**EXERCISE:** Every line below that contains "first" is to be copied.
● ● ● ● ● ● ●
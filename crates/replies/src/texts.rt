//! The lines of replies.

ghost use Rattle.std.specs.Prelude.{◌≡◌, ◌+◌, ◌≤◌, ◌∷◌, ◌++◌, [], codes, decimal, length, min};
ghost use Rattle.model.specs.Text.{address_part, memory_row, output_row, register_line};
ghost use Rattle.model.specs.Transcript.{fault_line, refusal_line, refused_text, run_line};
ghost use Rattle.model.specs.Transcript.{source_fault_line, why_text};

use debugger::Session;
use formatting::{Text, push_bytes, push_decimal, push_hex_address, push_hex_byte, push_status};
use model::{AsmFaultKind, EventFault, RunEnd, SessionFault, Why};

/// Returns the register line.
#[tactic(auto, unfolding(model::specs::Text::register_line))]
pub fn register_text(session: &Session) -> Text
    ensures { result.items ≡ register_line session.now.current }
{
    let regs = session.regs();
    let mut text = Text::new();
    push_bytes(&mut text, b"A=");
    push_hex_byte(&mut text, regs.a);
    push_bytes(&mut text, b" X=");
    push_hex_byte(&mut text, regs.x);
    push_bytes(&mut text, b" Y=");
    push_hex_byte(&mut text, regs.y);
    push_bytes(&mut text, b" S=");
    push_hex_byte(&mut text, regs.s);
    push_bytes(&mut text, b" P=");
    push_status(&mut text, regs.flags);
    push_bytes(&mut text, b" PC=");
    push_hex_address(&mut text, regs.pc);
    push_bytes(&mut text, b" CYC=");
    push_decimal(&mut text, session.cycles());
    push_bytes(&mut text, b"\n");
    text
}

/// Returns why an event was rejected, after `! `.
#[tactic(auto, unfolding(model::specs::Transcript::fault_line))]
pub fn fault_text(fault: EventFault) -> Text
    ensures { result.items ≡ fault_line fault }
{
    let mut text = Text::new();
    push_bytes(&mut text, b"! ");
    push_refusal(&mut text, fault);
    push_bytes(&mut text, b"\n");
    text
}

/// Appends why an event was rejected.
#[tactic(auto, unfolding(model::specs::Transcript::refused_text))]
fn push_refusal(text: &mut Text, fault: EventFault)
    requires { length text.old.items ≤ 30 }
    ensures written { text.new.items ≡ text.old.items ++ refused_text fault }
    ensures short { length text.new.items ≤ length text.old.items + 34 }
{
    match fault {
        EventFault::Undocumented { opcode, pc } => {
            push_bytes(text, b"FAULT ");
            push_hex_byte(text, opcode);
            push_bytes(text, b" AT ");
            push_hex_address(text, pc);
        }
        EventFault::ConsoleFull => push_bytes(text, b"CONSOLE FULL"),
        EventFault::CyclesFull => push_bytes(text, b"CYCLES FULL"),
        fault => {
            push_bytes(text, fault.name().as_bytes());
            push_bytes(text, b" ");
            push_decimal(text, fault.number() as u64);
        }
    }
}

/// Appends why a run ended.
#[tactic(auto, unfolding(model::specs::Transcript::why_text))]
fn push_reason(text: &mut Text, why: Why)
    requires { length text.old.items ≤ 30 }
    ensures written { text.new.items ≡ text.old.items ++ why_text why }
    ensures short { length text.new.items ≤ length text.old.items + 34 }
{
    match why {
        Why::Watch(address) => {
            push_bytes(text, b"WATCH ");
            push_hex_address(text, address);
        }
        Why::Break(address) => {
            push_bytes(text, b"BREAK ");
            push_hex_address(text, address);
        }
        Why::Limit => push_bytes(text, b"LIMIT"),
        Why::Refused(fault) => push_refusal(text, fault),
    }
}

/// Returns how many steps a run made, and why it ended.
#[tactic(auto, unfolding(model::specs::Transcript::run_line))]
pub fn run_text(end: RunEnd) -> Text
    ensures { result.items ≡ run_line end }
{
    let mut text = Text::new();
    push_bytes(&mut text, b"DID ");
    push_decimal(&mut text, end.did as u64);
    push_bytes(&mut text, b" ");
    push_reason(&mut text, end.why);
    push_bytes(&mut text, b"\n");
    text
}

/// Returns why a call of the session was rejected.
#[tactic(auto, unfolding(model::specs::Transcript::refusal_line))]
pub fn refusal_text(fault: SessionFault) -> Text
    ensures { result.items ≡ refusal_line fault }
{
    let mut text = Text::new();
    match fault {
        SessionFault::NoHistory { held } => {
            push_bytes(&mut text, b"! HISTORY ");
            push_decimal(&mut text, held as u64);
            push_bytes(&mut text, b"\n");
        }
        fault => {
            push_bytes(&mut text, b"! ");
            push_bytes(&mut text, fault.name().as_bytes());
            push_bytes(&mut text, b" ");
            push_decimal(&mut text, fault.number() as u64);
            push_bytes(&mut text, b"\n");
        }
    }
    text
}

/// Returns why a text is not assembled.
#[tactic(auto, unfolding(model::specs::Transcript::source_fault_line))]
pub fn source_fault_text(kind: AsmFaultKind) -> Text
    ensures { result.items ≡ source_fault_line kind }
{
    let mut text = Text::new();
    push_bytes(&mut text, b"! ");
    push_bytes(&mut text, kind.name().as_bytes());
    push_bytes(&mut text, b" ");
    push_decimal(&mut text, kind.number() as u64);
    push_bytes(&mut text, b"\n");
    text
}

/// Returns an address after a space.
#[tactic(auto, unfolding(model::specs::Text::address_part))]
pub fn address_text(address: u16) -> Text
    ensures { result.items ≡ address_part address }
{
    let mut text = Text::new();
    push_bytes(&mut text, b" ");
    push_hex_address(&mut text, address);
    text
}

/// Returns a row of memory: the bytes from one address to another, at most 16.
pub fn row_text(session: &Session, first: u16, last: u16) -> Text
    requires { last ≤ first + 15 }
    ensures { result.items ≡ memory_row session.now.current.bus.memory first last }
{
    let mut text = Text::new();
    push_hex_address(&mut text, first);
    push_bytes(&mut text, b" ");
    for address in first..=last {
        push_bytes(&mut text, b" ");
        push_hex_byte(&mut text, session.peek(address));
    }
    push_bytes(&mut text, b"\n");
    text
}

/// Returns the last address of the row that starts at an address.
pub fn row_end(start: u16, last: u16) -> u16
    ensures { result ≡ min last (start + 15) }
{
    if last.saturating_sub(start) < 16 {
        last
    } else {
        start + 15
    }
}

/// Returns how many bytes the output has.
pub fn output_head(session: &Session) -> Text
    ensures { result.items
        ≡ codes "OUT " ++ decimal (length session.now.current.bus.out) ++ 10 ∷ [] }
{
    let mut text = Text::new();
    push_bytes(&mut text, b"OUT ");
    push_decimal(&mut text, session.output_len() as u64);
    push_bytes(&mut text, b"\n");
    text
}

/// Returns a row of output: the bytes from an index on, at most 32.
pub fn output_row_text(session: &Session, from: u32) -> Text
    ensures { result.items ≡ output_row session.now.current.bus.out from }
{
    let mut text = Text::new();
    let count = session.output_len().saturating_sub(from).min(32);
    for index in from..from + count {
        push_hex_byte(&mut text, session.output_at(index).unwrap_or(0));
    }
    push_bytes(&mut text, b"\n");
    text
}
● ● ● ● ● ● ●
**SOLUTION:**
pub fn row_text(session: &Session, first: u16, last: u16) -> Text
    requires { last ≤ first + 15 }
    ensures { result.items ≡ memory_row session.now.current.bus.memory first last }
    push_hex_address(&mut text, first);
    for address in first..=last {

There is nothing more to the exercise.